■ **What the exercise asks**
In the material below, find each line holding the string "then" and copy it.

■ **Source material**
──────

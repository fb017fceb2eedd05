//! Why a transaction that enters pages of another register's changes feed is rolled back.

use reg_core::{Fault, Memory};
use reg_office_api::{BrokenFeed, FeedPart, FeedRule, FollowFault};
use reg_store::DatabaseFault;

/// Why the transaction is rolled back.
#[derive(Clone, Copy)]
pub(crate) enum Stopped {
    Broken(BrokenFeed),
    Database(DatabaseFault),
}

impl From<DatabaseFault> for Stopped {
    ghost use Rattle.std.specs.Prelude.{◌≡◌};
    ghost use Rattle.reg_office.specs.declared.stopped.Stopped.TheVariants.{Database};

    ghost from_gives = { λ fault stopped. stopped ≡ Database fault };

    fn from(fault: DatabaseFault) -> Stopped {
        Stopped::Database(fault)
    }
}

impl From<Memory> for Stopped {
    ghost use Rattle.std.specs.Prelude.{◌≡◌};
    ghost use Rattle.reg_office.specs.declared.stopped.Stopped.TheVariants.{Database};
    ghost use Rattle.reg_store_tables.specs.declared.fault.DatabaseFault.TheVariants.{Memory as OutOfMemory};

    ghost from_gives = { λ _ stopped. stopped ≡ Database OutOfMemory };

    fn from(_memory: Memory) -> Stopped {
        Stopped::Database(DatabaseFault::Memory)
    }
}

/// A part of a page that breaks a rule. `row` is as in [`BrokenFeed`].
pub(crate) fn broken(part: FeedPart, row: u64, why: FeedRule) -> Stopped {
    Stopped::Broken(BrokenFeed { part, row, why })
}

/// Why the follower stops, if the register answers a row's command with this fault.
pub(crate) fn undecided(part: FeedPart, row: u64, fault: Fault) -> Stopped {
    match fault {
        Fault::Refused(refusal) => broken(part, row, FeedRule::Refused(refusal)),
        Fault::Memory => Stopped::Database(DatabaseFault::Memory),
        _ => Stopped::Database(DatabaseFault::Store),
    }
}

pub(crate) fn follow_fault(stopped: Stopped) -> FollowFault {
    match stopped {
        Stopped::Broken(broken) => FollowFault::Broken(broken),
        Stopped::Database(DatabaseFault::Memory) => FollowFault::Memory,
        Stopped::Database(DatabaseFault::Store) => FollowFault::Store,
    }
}
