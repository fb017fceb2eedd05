ghost use Rattle.std.specs.Prelude.{◌≡◌, None};
ghost use Rattle.reg_office_reads.specs.declared.responder.Responder.TheVariants.{Issuer};

use crate::crls::{issue_crl, latest_der, next_message, numbered_der};
use crate::follow::{no_page, own_positions};
use crate::identifiers::set_key_identifier;
use reg_core::{Command, Fault, Label, Memory, Moment, Outcome, Query, Refusal, Schedule, Serial};
use reg_core_lists::{Cursor, Page, Positions, ReceivedPage};
use reg_crl::Signer;
use reg_io::ReadyOrUnsigned;
use reg_ocsp::Draft;
use reg_office_api::{Changes, FollowFault, OcspResponse, RegisterSummary, RequestLoad};
use reg_office_reads::{
    Responder, answer, begin_ocsp, changes_in, decide, failures_in, last_in, longest_in,
    open_count_in, page, request_load_in, sign_draft, summary_in,
};
use reg_store::{DatabaseFault, Store};
use sqlite::Alter;
use std::alloc::Global;

/// A register's tables (`store`), the signer of its CRLs, and the responder to OCSP requests: that signer, or a delegate with its own signer.
#[derive(Drop)]
pub struct Office<C: Alter, S: Signer> {
    pub store: Store<C>,
    pub signer: S,
    pub responder: Responder<S>,
}

impl<C: Alter, S: Signer + Drop> Office<C, S> {
    /// The store and the signer of CRLs, unchanged. The responder is dropped, and with it the signer of a [`Responder::Delegate`].
    pub fn into_parts(self) -> (Store<C>, S)
        ensures store { result.0 ≡ self.store }
        ensures signer { result.1 ≡ self.signer }
    {
        let Office {
            store,
            signer,
            responder: _,
        } = self;
        (store, signer)
    }
}

impl<C: Alter, S: Signer> Office<C, S> {
    /// An office over a store and a signer, which also signs OCSP responses. These include no certificate.
    pub fn new(store: Store<C>, signer: S) -> Office<C, S>
        ensures store { result.store ≡ store }
        ensures signer { result.signer ≡ signer }
        ensures responder { result.responder ≡ Issuer None }
    {
        Office::answering(store, signer, Responder::Issuer(None))
    }

    /// An office over a store and a signer, with this responder to OCSP requests.
    pub fn answering(store: Store<C>, signer: S, responder: Responder<S>) -> Office<C, S>
        ensures store { result.store ≡ store }
        ensures signer { result.signer ≡ signer }
        ensures responder { result.responder ≡ responder }
    {
        Self {
            store,
            signer,
            responder,
        }
    }
}
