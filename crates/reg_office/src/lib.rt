//! The office: commands, queries, lists, CRLs and OCSP responses over a register's store, with its signers.
#![tactic(auto)]

mod batches;
mod before_key;
mod crls;
mod feed_row;
mod follow;
mod identifiers;
pub mod laws;
mod office;
mod replay;
mod replay_order;
mod run;
mod stopped;

pub use office::Office;
pub use reg_office_reads::Responder;
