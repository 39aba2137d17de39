//! A session of the console: a command buffer, cvars and aliases over a store and a path of folders, whose lines are run as
//! frames of commands.
#![tactic(auto)]

mod console;
mod ends;
mod handed;
mod handing;
mod hosting;
mod replies;
mod session;
mod values;
mod verbs;

pub use console::Parts;
pub use ends::{Fault, StepEnd};
pub use handed::HandedCommand;
pub use session::{Session, USERS};

#[cfg(test)]
mod tests;
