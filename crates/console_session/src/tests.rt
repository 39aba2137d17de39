ghost use Rattle.std.specs.Prelude.{◌≡◌, IfOk, false};

use crate::{Session, StepEnd, USERS};
use mem_model::PlainStore;
use outside_io::{MemFile, MemFolder, MemSink};
use res_table::ResTable;
use search_paths::Paths;
use std::alloc::{AllocError, Global};
use std::test::Fail;

// A folder with one file, whose call of this number fails.
fn folder(
    alloc: Global,
    name: &[u8],
    bytes: &'static [u8; 7],
    fails: u64,
) -> Result<MemFolder, AllocError> {
    let mut files = Vec::new(alloc);
    files.push(MemFile {
        name: Vec::from_slice(alloc, name)?,
        bytes: Vec::from_slice(alloc, bytes)?,
    })?;
    Ok(MemFolder::create(files, Vec::from_slice(alloc, &[fails])?))
}

// A session over a new store and two folders, whose calls of these numbers fail. Call 0 is the question for `pak0.pak`.
fn session(alloc: Global, first: u64, second: u64) -> Result<Session<PlainStore, MemFolder>, Fail>
    ensures { IfOk result (λ session. session.ended ≡ false) }
{
    let store = PlainStore::create(alloc, 1_048_576, 49_152, USERS)?;
    let mut paths = Paths::create(alloc)?;
    if let Err(error) = paths.mount(alloc, folder(alloc, b"a.cfg", b"echo hi", first)?) {
        return Err(Fail::from(error));
    }
    if let Err(error) = paths.mount(alloc, folder(alloc, b"a.txt", b"1234567", second)?) {
        return Err(Fail::from(error));
    }
    let table = ResTable::create(alloc, 11_025)?;
    Ok(Session::start(store, paths, table)?)
}

#[test]
fn a_session_ends_by_itself(rt: HostRuntime) -> Result<(), Fail> {
    let cases: [(&[u8], u64, u64, StepEnd, &str); 7] = [
        (b"echo b", 9, 9, StepEnd::Went, "a \nb \n"),
        (b"echo b;quit;echo c", 9, 9, StepEnd::Quit, "a \nb \n"),
        (
            b"file a.txt;echo b",
            9,
            1,
            StepEnd::FolderFault { folder: 1 },
            "a \n",
        ),
        (
            b"sound x.wav;echo b",
            9,
            1,
            StepEnd::FolderFault { folder: 1 },
            "a \n",
        ),
        (
            b"exec a.cfg",
            2,
            9,
            StepEnd::FolderFault { folder: 0 },
            "a \n",
        ),
        (
            b"exec a.cfg",
            2,
            1,
            StepEnd::FolderFault { folder: 1 },
            "a \n",
        ),
        (b"echo b01234567", 9, 9, StepEnd::WriteFault, "a \nb0123456"),
    ];
    for (text, first, second, end, put) in cases {
        let mut out = MemSink::create(rt.alloc(), 11, Vec::new(rt.alloc()))?;
        let mut session = session(rt.alloc(), first, second)?;
        assert_eq!(rt; session.step(b"echo a", &mut out), StepEnd::Went);
        assert!(rt; !session.ended(), "before {put}");
        assert_eq!(rt; session.step(text, &mut out), end, "at {put}");
        assert_eq!(rt; session.ended(), end != StepEnd::Went, "at {put}");
        assert_eq!(rt; out.got(), put.as_bytes());
    }
    Ok(())
}

#[test]
fn a_session_is_finished(rt: HostRuntime) -> Result<(), Fail> {
    let cases: [(&[u8], u64, StepEnd, &str); 3] = [
        (b"wait;echo a;wait;echo b", 9, StepEnd::Went, "a \nb \n"),
        (b"wait;echo a;quit;echo b", 9, StepEnd::Quit, "a \n"),
        (
            b"wait;echo a;file b",
            1,
            StepEnd::FolderFault { folder: 1 },
            "a \n",
        ),
    ];
    for (text, fails, end, put) in cases {
        let mut out = MemSink::create(rt.alloc(), 99, Vec::new(rt.alloc()))?;
        let mut session = session(rt.alloc(), 9, fails)?;
        assert_eq!(rt; session.step(text, &mut out), StepEnd::Went, "at {put}");
        assert!(rt; !session.ended(), "before {put}");
        assert_eq!(rt; session.finish(&mut out), end, "at {put}");
        assert!(rt; session.ended(), "after {put}");
        assert_eq!(rt; out.got(), put.as_bytes());
    }
    Ok(())
}

#[test]
fn a_caller_reads_and_sets_cvars(rt: HostRuntime) -> Result<(), Fail> {
    let mut out = MemSink::create(rt.alloc(), 99, Vec::new(rt.alloc()))?;
    let mut session = session(rt.alloc(), 9, 9)?;
    let fov = session.cvar(b"fov").expect(&rt, "a cvar");
    assert_eq!(rt; fov, b"90".as_slice());
    assert_eq!(rt; session.set_cvar(b"fov", b"1 2"), Ok(true));
    assert_eq!(rt; session.step(b"fov;volume 0.5", &mut out), StepEnd::Went);
    assert_eq!(rt; out.got(), b"\"fov\" is \"1 2\"\n".as_slice());
    let volume = session.cvar(b"volume").expect(&rt, "a cvar");
    assert_eq!(rt; volume, b"0.5".as_slice());
    assert_eq!(rt; session.set_cvar(b"Fov", b"3"), Ok(false));
    assert!(rt; session.cvar(b"Fov").is_none());
    Ok(())
}

#[test]
fn strange_commands_are_handed_over(rt: HostRuntime) -> Result<(), Fail> {
    let mut out = MemSink::create(rt.alloc(), 99, Vec::new(rt.alloc()))?;
    let mut session = session(rt.alloc(), 9, 9)?;
    assert_eq!(rt; session.step(b"god", &mut out), StepEnd::Went);
    assert!(rt; session.take_handed().is_none());
    session.hand_over(true);
    assert!(rt; !session.ended());
    let line = b"echo a;fov;give s \"9 9\";echo b;quit";
    assert_eq!(rt; session.step(line, &mut out), StepEnd::Went);
    let handed = session.take_handed().expect(&rt, "a command");
    assert_eq!(rt; handed.text(), b"give s \"9 9\"".as_slice());
    assert_eq!(rt; handed.words().count(), 3);
    assert_eq!(rt; handed.words().word(2), b"9 9".as_slice());
    assert!(rt; session.take_handed().is_none());
    let before = b"Unknown command \"god\"\na \n\"fov\" is \"90\"\n";
    assert_eq!(rt; out.got(), before.as_slice());
    assert!(rt; !session.ended());
    assert_eq!(rt; session.resume(&mut out), StepEnd::Quit);
    assert!(rt; session.take_handed().is_none());
    assert!(rt; out.got().ends_with(b"b \n"));
    Ok(())
}
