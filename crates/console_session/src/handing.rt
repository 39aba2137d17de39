// Commands of a caller: a session hands over those that it doesn't know.
ghost use Rattle.std.specs.Prelude.{◌≡◌, None, false};
ghost use Rattle.mem_model.specs.Laid.{Laid};
ghost use Rattle.res_table.specs.Held.{AreHeld};
ghost use Rattle.console_session.specs.States.{HasCauses};
ghost use Rattle.console_session.specs.Sessions.{told_end, is_end};
ghost use Rattle.console_session.specs.Frames.{frame, Runs, NoneAsks};

use crate::ends::StepEnd;
use crate::handed::HandedCommand;
use crate::session::{Session, end_of, ends_run};
use mem_model::Store;
use outside_io::{Folder, Sink};

impl<M: Store, F: Folder> Session<M, F> {
    /// Says whether commands that the session doesn't know are handed over from now on, in place of being told as unknown.
    /// They are told at the start.
    ///
    /// Such a command is one whose first word is neither a command nor an alias nor a cvar. It prints nothing, and ends its
    /// frame; what stands behind it stays in the buffer. The caller takes it by `take_handed`, and goes on by `resume`.
    pub fn hand_over(&mut self, hands: bool)
        ensures state { self.new.state ≡ record self.old.state { hands = hands } }
        ensures rest { self.new ≡ record self.old { state = self.new.state } }
    {
        self.console.hand_over(hands);
    }

    /// Takes the command that was handed over, where one was and isn't taken yet. The next that is handed over takes its place.
    pub fn take_handed(&mut self) -> Option<HandedCommand>
        ensures taken { result ≡ self.old.state.handed }
        ensures state { self.new.state ≡ record self.old.state { handed = None } }
        ensures rest { self.new ≡ record self.old { state = self.new.state } }
    {
        self.console.take_handed()
    }

    /// Runs a frame on what is in the buffer, as `step` does behind its line. The session must not have ended.
    ///
    /// It has a budget of its own, so an alias that names itself and a command of the caller can hand over without end: a caller
    /// limits how often it resumes.
    pub fn resume<O: Sink>(&mut self, out: &mut O) -> StepEnd
        requires going { self.old.ended ≡ false }
        ensures told { Runs (frame false 4096 self.old.state) (told_end result) self.new.state (O.got out.old) (O.got out.new) }
        ensures path { self.new.state.path ≡ self.old.state.path }
        ensures laid { Laid self.new.state.memory }
        ensures resources { AreHeld self.new.state.path.mounts self.new.state.table self.new.state.memory }
        ensures causes { HasCauses M.frugal self.old.faults self.new.faults
            (O.sink_faults out.old) (O.sink_faults out.new) (told_end result) }
        ensures calls { NoneAsks (frame false 4096 self.old.state) → self.new.calls ≡ self.old.calls }
        ensures ended { self.new.ended ≡ is_end result }
    {
        let end = end_of(self.console.run_frame(false, &mut self.text, out));
        self.console.ended = ends_run(end);
        end
    }
}
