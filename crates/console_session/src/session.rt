// A session of the console.
ghost use Rattle.std.specs.Prelude.{◌≡◌, ◌<◌, Some, length, slice_get, IfOk, OnErr, false, true};
ghost use Rattle.mem_model.specs.Laid.{Laid};
ghost use Rattle.console_session.specs.States.{started, IsNew, HasCauses};
ghost use Rattle.search_paths.specs.Path.{counts_of};
ghost use Rattle.console_session.specs.Serving.{path_of};
ghost use Rattle.res_table.specs.Held.{AreHeld};
ghost use Rattle.res_table.specs.Resources.{no_resources};
ghost use Rattle.console_session.specs.Sessions.{told_end, is_end};
ghost use Rattle.console_session.specs.Frames.{finish, line, Runs, NoneAsks};

use crate::console::{Console, Parts};
use crate::ends::{Fault, StepEnd};
use cmd_buffer::CommandText;
use mem_model::Store;
use outside_io::{Folder, Sink};
use res_table::ResTable;
use search_paths::Paths;
use std::alloc::AllocError;
use std::marker::Model;

/// How many users the cache of a session's store has.
pub const USERS: u32 = 768;

/// A console over a store, a path of folders and a table of resources. In every session the memory is laid out, each resource
/// that is there is the image of its file, and the cvars and aliases are in blocks of the zone that nothing else writes.
#[derive(Drop)]
pub struct Session<M: Store, F: Folder = Box<dyn Folder>> {
    pub(crate) console: Console<M, F>,
    // The command that is run.
    pub(crate) text: CommandText,
}

impl<M: Store, F: Folder> Model for Session<M, F> {
    ghost use Rattle.search_paths.specs.Path.{counts_of};
    ghost use Rattle.console_session.specs.Holding.{Holds};
    ghost use Rattle.console_session.specs.Serving.{seen};
    ghost use Rattle.console_session.specs.Sessions.{Seen};

    ghost Value = { Seen };

    ghost view = { λ s. record {
      state = seen M.Store F.Folder s.console;
      faults = counts_of F.folder_faults s.console.paths;
      calls = counts_of F.folder_calls s.console.paths;
      ended = s.console.ended;
    } };

    ghost invariant = { λ s. Holds (seen M.Store F.Folder s.console) };
}

impl<M: Store, F: Folder> Session<M, F> {
    /// A session over a store that was just created, with a zone of at least 4096 bytes and 768 cache users, a path, and a
    /// table that was just created, whose speed is that of the sounds.
    ///
    /// The cvars get their defaults. It holds what is handed in and values of fixed size, and takes no memory of its own:
    /// only a store that isn't frugal may refuse, for want of memory, and is dropped then with the path and the table.
    pub fn start(store: M, paths: Paths<F>, table: ResTable) -> Result<Session<M, F>, AllocError>
        requires new { IsNew (M.state store) }
        requires empty { table ≡ no_resources table.speed }
        ensures state { IfOk result (λ session.
            session.state ≡ started (M.state store) (path_of F.Folder paths) table.speed) }
        ensures faults { IfOk result (λ session. session.faults ≡ counts_of F.folder_faults paths) }
        ensures going { IfOk result (λ session. session.ended ≡ false) }
        ensures memory { OnErr result (M.frugal ≡ false) }
    {
        match Console::start(store, paths, table) {
            Ok(console) => Ok(Session {
                console,
                text: CommandText::new(),
            }),
            Err(error) => Err(error),
        }
    }

    /// Takes an input line, and runs a frame. The session must not have ended.
    ///
    /// The line is cut at its first zero byte. It and a newline are added to the buffer; where they don't fit,
    /// `overflow` is printed. The frame takes commands until the buffer is empty or `wait` was executed, at most 4096.
    /// After a fault the replies before one reply were put, and what the fault left of that one.
    ///
    /// A command that asks for a file is told where each mount up to the first that has it is; behind one that isn't,
    /// nothing is told of the line. A line that asks for no file calls no folder.
    pub fn step<O: Sink>(&mut self, text: &[u8], out: &mut O) -> StepEnd
        requires going { self.old.ended ≡ false }
        ensures told { Runs (line text.now self.old.state) (told_end result) self.new.state (O.got out.old) (O.got out.new) }
        ensures path { self.new.state.path ≡ self.old.state.path }
        ensures laid { Laid self.new.state.memory }
        ensures resources { AreHeld self.new.state.path.mounts self.new.state.table self.new.state.memory }
        ensures causes { HasCauses M.frugal self.old.faults self.new.faults
            (O.sink_faults out.old) (O.sink_faults out.new) (told_end result) }
        ensures calls { NoneAsks (line text.now self.old.state) → self.new.calls ≡ self.old.calls }
        ensures ended { self.new.ended ≡ is_end result }
    {
        let end = end_of(self.console.run_line(text, &mut self.text, out));
        self.console.ended = ends_run(end);
        end
    }

    /// Runs the frames after the script's end, until the buffer is empty, with one budget of 4096 commands for all. The
    /// session must not have ended, and has ended then.
    pub fn finish<O: Sink>(&mut self, out: &mut O) -> StepEnd
        requires going { self.old.ended ≡ false }
        ensures told { Runs (finish self.old.state) (told_end result) self.new.state (O.got out.old) (O.got out.new) }
        ensures path { self.new.state.path ≡ self.old.state.path }
        ensures laid { Laid self.new.state.memory }
        ensures resources { AreHeld self.new.state.path.mounts self.new.state.table self.new.state.memory }
        ensures causes { HasCauses M.frugal self.old.faults self.new.faults
            (O.sink_faults out.old) (O.sink_faults out.new) (told_end result) }
        ensures calls { NoneAsks (finish self.old.state) → self.new.calls ≡ self.old.calls }
        ensures ended { self.new.ended ≡ true }
    {
        let end = end_of(self.console.run_frame(true, &mut self.text, out));
        self.console.ended = true;
        end
    }

    /// The store, to be read.
    pub fn store(&self) -> &M
        ensures memory { M.state result.now ≡ self.now.state.memory }
        ensures laid { Laid (M.state result.now) }
    {
        self.console.store()
    }

    /// Hands back what the session stood on, and drops the rest, which takes no memory.
    pub fn into_parts(self) -> Parts<M, F>
        ensures memory { M.state result.store ≡ self.state.memory }
        ensures laid { Laid (M.state result.store) }
        ensures path { path_of F.Folder result.paths ≡ self.state.path }
        ensures faults { counts_of F.folder_faults result.paths ≡ self.faults }
        ensures calls { counts_of F.folder_calls result.paths ≡ self.calls }
        ensures table { result.table ≡ self.state.table }
        ensures resources { AreHeld self.state.path.mounts result.table (M.state result.store) }
    {
        self.console.into_parts()
    }

    /// Hands the folder of this number back, and drops the rest.
    pub fn take_folder(self, folder: u32) -> F
        requires { folder < length self.faults }
        ensures told { slice_get self.state.path.told folder ≡ Some (F.files result) }
        ensures faults { slice_get self.faults folder ≡ Some (F.folder_faults result) }
    {
        self.console.take_folder(folder)
    }

    /// Whether the run has ended.
    pub fn ended(&self) -> bool
        ensures { result ≡ self.now.ended }
    {
        self.console.ended
    }
}

// How a step ended.
pub(crate) fn end_of(outcome: Result<bool, Fault>) -> StepEnd
    ensures told { told_end result ≡ outcome }
{
    match outcome {
        Ok(false) => StepEnd::Went,
        Ok(true) => StepEnd::Quit,
        Err(Fault::Folder { folder }) => StepEnd::FolderFault { folder },
        Err(Fault::Write) => StepEnd::WriteFault,
        Err(Fault::Memory) => StepEnd::OutOfMemory,
    }
}

pub(crate) fn ends_run(end: StepEnd) -> bool
    ensures { result ≡ is_end end }
{
    match end {
        StepEnd::Went => false,
        _ => true,
    }
}
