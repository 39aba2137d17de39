// What a session keeps, and the commands on it.
ghost use Rattle.std.specs.Prelude.{◌≡◌, ◌<◌, Some, length, slice_get, IfOk, OnErr, false};
ghost use Rattle.console_session.specs.States.{started, IsNew};
ghost use Rattle.console_session.specs.Holding.{Holds};
ghost use Rattle.search_paths.specs.Path.{counts_of};
ghost use Rattle.console_session.specs.Serving.{seen, path_of};
ghost use Rattle.res_table.specs.Resources.{no_resources};

mod commands;
mod cvars;
mod frames;
mod handing;
mod hosting;
mod resources;
mod values;

use crate::handed::HandedCommand;
use base_fields::GameName;
use cmd_buffer::{Aliases, CmdBuffer};
use cvar_table::Cvars;
use mem_model::{Store, ZoneError};
use outside_io::Folder;
use res_table::ResTable;
use search_paths::Paths;
use std::alloc::AllocError;

/// What a session stood on, handed back.
#[derive(Drop)]
pub struct Parts<M: Store, F: Folder = Box<dyn Folder>> {
    /// The cvars and the aliases of the session are blocks of its zone still.
    pub store: M,
    pub paths: Paths<F>,
    pub table: ResTable,
}

/// The store, the path and the resources, and what a console keeps of its own.
#[derive(Drop)]
pub struct Console<M: Store, F: Folder> {
    store: M,
    paths: Paths<F>,
    table: ResTable,
    buffer: CmdBuffer,
    // The mark of the low hunk above which the next map frees.
    level: u32,
    cvars: Cvars,
    aliases: Aliases,
    // The name of the current wad.
    wad: Option<GameName>,
    // The name of the file of the current map.
    map: Option<GameName>,
    // Whether commands that the console doesn't know are handed over.
    hands: bool,
    // The one that was handed over, and not taken yet.
    handed: Option<HandedCommand>,
    // Whether the run has ended.
    pub ended: bool,
}

impl<M: Store, F: Folder> Console<M, F> {
    // A console over a store and a table that were just created.
    pub fn start(store: M, paths: Paths<F>, table: ResTable) -> Result<Console<M, F>, AllocError>
        requires new { IsNew (M.state store) }
        requires empty { table ≡ no_resources table.speed }
        ensures state { IfOk result (λ console.
            seen M.Store F.Folder console ≡ started (M.state store) (path_of F.Folder paths) table.speed) }
        ensures holds { IfOk result (λ console. Holds (seen M.Store F.Folder console)) }
        ensures paths { IfOk result (λ console. console.paths ≡ paths) }
        ensures going { IfOk result (λ console. console.ended ≡ false) }
        ensures memory { OnErr result (M.frugal ≡ false) }
    {
        let mut store = store;
        let level = store.low_mark();
        match Cvars::create(&mut store) {
            Ok(cvars) => Ok(Console {
                store,
                paths,
                table,
                buffer: CmdBuffer::create(),
                level,
                cvars,
                aliases: Aliases::create(),
                wad: None,
                map: None,
                hands: false,
                handed: None,
                ended: false,
            }),
            Err(ZoneError::Full { .. }) => unreachable!(),
            Err(ZoneError::OutOfMemory) => Err(AllocError),
        }
    }

    pub fn store(&self) -> &M
        ensures { result.now ≡ self.now.store }
    {
        &self.store
    }

    // The store, the path and the table.
    pub fn into_parts(self) -> Parts<M, F>
        ensures store { result.store ≡ self.store }
        ensures paths { result.paths ≡ self.paths }
        ensures table { result.table ≡ self.table }
    {
        Parts {
            store: self.store,
            paths: self.paths,
            table: self.table,
        }
    }

    // The folder of this number.
    pub fn take_folder(self, folder: u32) -> F
        requires { folder < length (counts_of F.folder_faults self.paths) }
        ensures { slice_get (self.paths.folders) folder ≡ Some result }
    {
        self.paths.take_folder(folder)
    }
}
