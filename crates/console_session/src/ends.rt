// How commands and steps end.
use thiserror::Error;

/// How the console goes on behind a command.
#[derive(Clone, Copy, Debug, PartialEq, Eq)]
pub enum Next {
    Goes,
    Waits,
    Hands,
    Quits,
}

/// What ended a command in its reply.
#[derive(Clone, Copy, Debug, PartialEq, Eq, Error)]
pub enum Fault {
    /// A call of the folder of this number failed.
    #[error("folder {folder}: read fault")]
    Folder { folder: u32 },
    /// A put of the reply failed.
    #[error("write fault")]
    Write,
    /// The store ran out of memory.
    #[error("out of memory")]
    Memory,
}

/// How a step of a session ended.
#[derive(Clone, Copy, Debug, PartialEq, Eq)]
pub enum StepEnd {
    /// The line was run, and the session goes on.
    Went,
    /// `quit` was executed.
    Quit,
    /// A call of the folder of this number failed.
    FolderFault { folder: u32 },
    /// A put of a reply failed.
    WriteFault,
    /// The store ran out of memory. A frugal one doesn't.
    OutOfMemory,
}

──────

■ **Your solution**
    /// only a store that isn't frugal may refuse, for want of memory, and is dropped then with the path and the table.
    /// session must not have ended, and has ended then.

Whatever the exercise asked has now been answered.